## PROMPT
Please repeat, unchanged, the lines at the top of the listing below, ending with the one that has "Nothing is told.".
--- DATASET RECORDS Enclosed Below ---
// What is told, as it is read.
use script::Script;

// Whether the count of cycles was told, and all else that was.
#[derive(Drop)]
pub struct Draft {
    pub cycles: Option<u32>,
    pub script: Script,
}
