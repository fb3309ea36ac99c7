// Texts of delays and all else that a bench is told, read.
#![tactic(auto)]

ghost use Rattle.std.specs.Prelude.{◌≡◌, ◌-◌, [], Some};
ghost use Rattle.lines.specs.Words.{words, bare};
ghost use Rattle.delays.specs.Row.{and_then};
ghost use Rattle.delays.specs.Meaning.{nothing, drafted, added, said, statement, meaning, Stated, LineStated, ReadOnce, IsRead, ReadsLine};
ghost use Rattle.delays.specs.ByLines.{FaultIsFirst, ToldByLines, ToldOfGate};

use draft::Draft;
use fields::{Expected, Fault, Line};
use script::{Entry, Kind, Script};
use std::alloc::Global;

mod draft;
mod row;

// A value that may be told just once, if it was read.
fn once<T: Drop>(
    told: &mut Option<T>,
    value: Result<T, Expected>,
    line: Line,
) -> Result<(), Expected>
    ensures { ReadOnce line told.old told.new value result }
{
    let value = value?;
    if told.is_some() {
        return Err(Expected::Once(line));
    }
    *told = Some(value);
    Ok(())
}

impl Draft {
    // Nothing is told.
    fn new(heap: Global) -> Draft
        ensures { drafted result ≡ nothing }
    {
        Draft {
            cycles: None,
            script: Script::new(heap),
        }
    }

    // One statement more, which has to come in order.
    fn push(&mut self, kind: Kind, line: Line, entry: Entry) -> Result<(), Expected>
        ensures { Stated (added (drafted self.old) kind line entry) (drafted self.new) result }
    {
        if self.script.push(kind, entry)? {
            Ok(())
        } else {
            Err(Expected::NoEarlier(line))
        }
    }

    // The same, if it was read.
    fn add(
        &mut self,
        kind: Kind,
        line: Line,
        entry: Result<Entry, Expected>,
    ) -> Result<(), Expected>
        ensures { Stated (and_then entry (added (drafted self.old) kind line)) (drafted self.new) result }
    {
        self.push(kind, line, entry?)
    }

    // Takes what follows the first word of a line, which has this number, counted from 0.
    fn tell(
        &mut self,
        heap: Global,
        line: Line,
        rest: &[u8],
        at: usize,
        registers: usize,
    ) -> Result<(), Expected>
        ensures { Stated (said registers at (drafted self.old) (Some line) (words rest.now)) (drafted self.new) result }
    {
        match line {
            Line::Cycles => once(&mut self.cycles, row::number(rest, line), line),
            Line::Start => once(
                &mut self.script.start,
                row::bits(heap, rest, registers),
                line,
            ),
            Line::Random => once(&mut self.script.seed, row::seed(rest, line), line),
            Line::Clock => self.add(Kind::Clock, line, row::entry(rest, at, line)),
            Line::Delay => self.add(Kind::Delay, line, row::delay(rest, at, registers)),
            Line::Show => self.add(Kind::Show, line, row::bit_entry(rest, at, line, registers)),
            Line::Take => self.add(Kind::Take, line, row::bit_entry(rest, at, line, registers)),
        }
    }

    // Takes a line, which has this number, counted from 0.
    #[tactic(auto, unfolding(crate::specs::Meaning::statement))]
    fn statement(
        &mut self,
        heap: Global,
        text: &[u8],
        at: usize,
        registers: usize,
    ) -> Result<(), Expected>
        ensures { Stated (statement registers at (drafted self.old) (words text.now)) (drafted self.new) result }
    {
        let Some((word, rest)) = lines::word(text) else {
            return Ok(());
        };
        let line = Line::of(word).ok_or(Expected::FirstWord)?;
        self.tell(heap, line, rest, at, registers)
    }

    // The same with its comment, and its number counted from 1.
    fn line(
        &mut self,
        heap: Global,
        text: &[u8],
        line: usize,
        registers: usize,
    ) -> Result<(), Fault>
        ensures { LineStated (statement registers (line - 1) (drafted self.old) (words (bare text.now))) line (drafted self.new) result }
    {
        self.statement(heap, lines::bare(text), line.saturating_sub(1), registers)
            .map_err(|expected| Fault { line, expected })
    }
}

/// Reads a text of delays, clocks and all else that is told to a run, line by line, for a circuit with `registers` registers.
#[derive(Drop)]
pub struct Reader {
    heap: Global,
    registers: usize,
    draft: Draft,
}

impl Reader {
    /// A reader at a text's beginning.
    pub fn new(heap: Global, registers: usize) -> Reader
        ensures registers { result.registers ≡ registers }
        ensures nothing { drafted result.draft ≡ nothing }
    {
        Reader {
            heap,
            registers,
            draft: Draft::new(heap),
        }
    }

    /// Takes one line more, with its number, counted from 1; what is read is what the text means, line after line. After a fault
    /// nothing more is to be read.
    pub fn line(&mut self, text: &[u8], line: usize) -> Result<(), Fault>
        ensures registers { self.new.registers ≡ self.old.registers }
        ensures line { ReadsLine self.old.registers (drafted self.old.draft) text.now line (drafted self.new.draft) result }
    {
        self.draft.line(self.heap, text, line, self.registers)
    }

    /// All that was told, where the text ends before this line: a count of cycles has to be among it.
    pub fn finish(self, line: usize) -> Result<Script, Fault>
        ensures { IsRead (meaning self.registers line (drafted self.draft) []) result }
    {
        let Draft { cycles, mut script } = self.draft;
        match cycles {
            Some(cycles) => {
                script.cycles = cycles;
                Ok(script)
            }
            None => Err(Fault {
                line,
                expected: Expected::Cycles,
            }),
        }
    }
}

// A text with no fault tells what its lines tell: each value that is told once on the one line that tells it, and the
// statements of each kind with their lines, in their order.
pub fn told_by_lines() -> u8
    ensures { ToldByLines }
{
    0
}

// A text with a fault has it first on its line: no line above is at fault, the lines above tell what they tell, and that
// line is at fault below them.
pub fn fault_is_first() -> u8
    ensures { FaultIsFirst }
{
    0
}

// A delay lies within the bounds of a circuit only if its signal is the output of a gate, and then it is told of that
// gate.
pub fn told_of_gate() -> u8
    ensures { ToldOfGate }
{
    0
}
--- End of Enclosed DATASET RECORDS ---
## EXERCISE RESPONSE
// What is told, as it is read.
use script::Script;

// Whether the count of cycles was told, and all else that was.
#[derive(Drop)]
pub struct Draft {
    pub cycles: Option<u32>,
    pub script: Script,
}
repository fb3309ea36ac99c7
// Texts of delays and all else that a bench is told, read.
#![tactic(auto)]

ghost use Rattle.std.specs.Prelude.{◌≡◌, ◌-◌, [], Some};
ghost use Rattle.lines.specs.Words.{words, bare};
ghost use Rattle.delays.specs.Row.{and_then};
ghost use Rattle.delays.specs.Meaning.{nothing, drafted, added, said, statement, meaning, Stated, LineStated, ReadOnce, IsRead, ReadsLine};
ghost use Rattle.delays.specs.ByLines.{FaultIsFirst, ToldByLines, ToldOfGate};

use draft::Draft;
use fields::{Expected, Fault, Line};
use script::{Entry, Kind, Script};
use std::alloc::Global;

mod draft;
mod row;

// A value that may be told just once, if it was read.
fn once<T: Drop>(
    told: &mut Option<T>,
    value: Result<T, Expected>,
    line: Line,
) -> Result<(), Expected>
    ensures { ReadOnce line told.old told.new value result }
{
    let value = value?;
    if told.is_some() {
        return Err(Expected::Once(line));
    }
    *told = Some(value);
    Ok(())
}

impl Draft {
    // Nothing is told.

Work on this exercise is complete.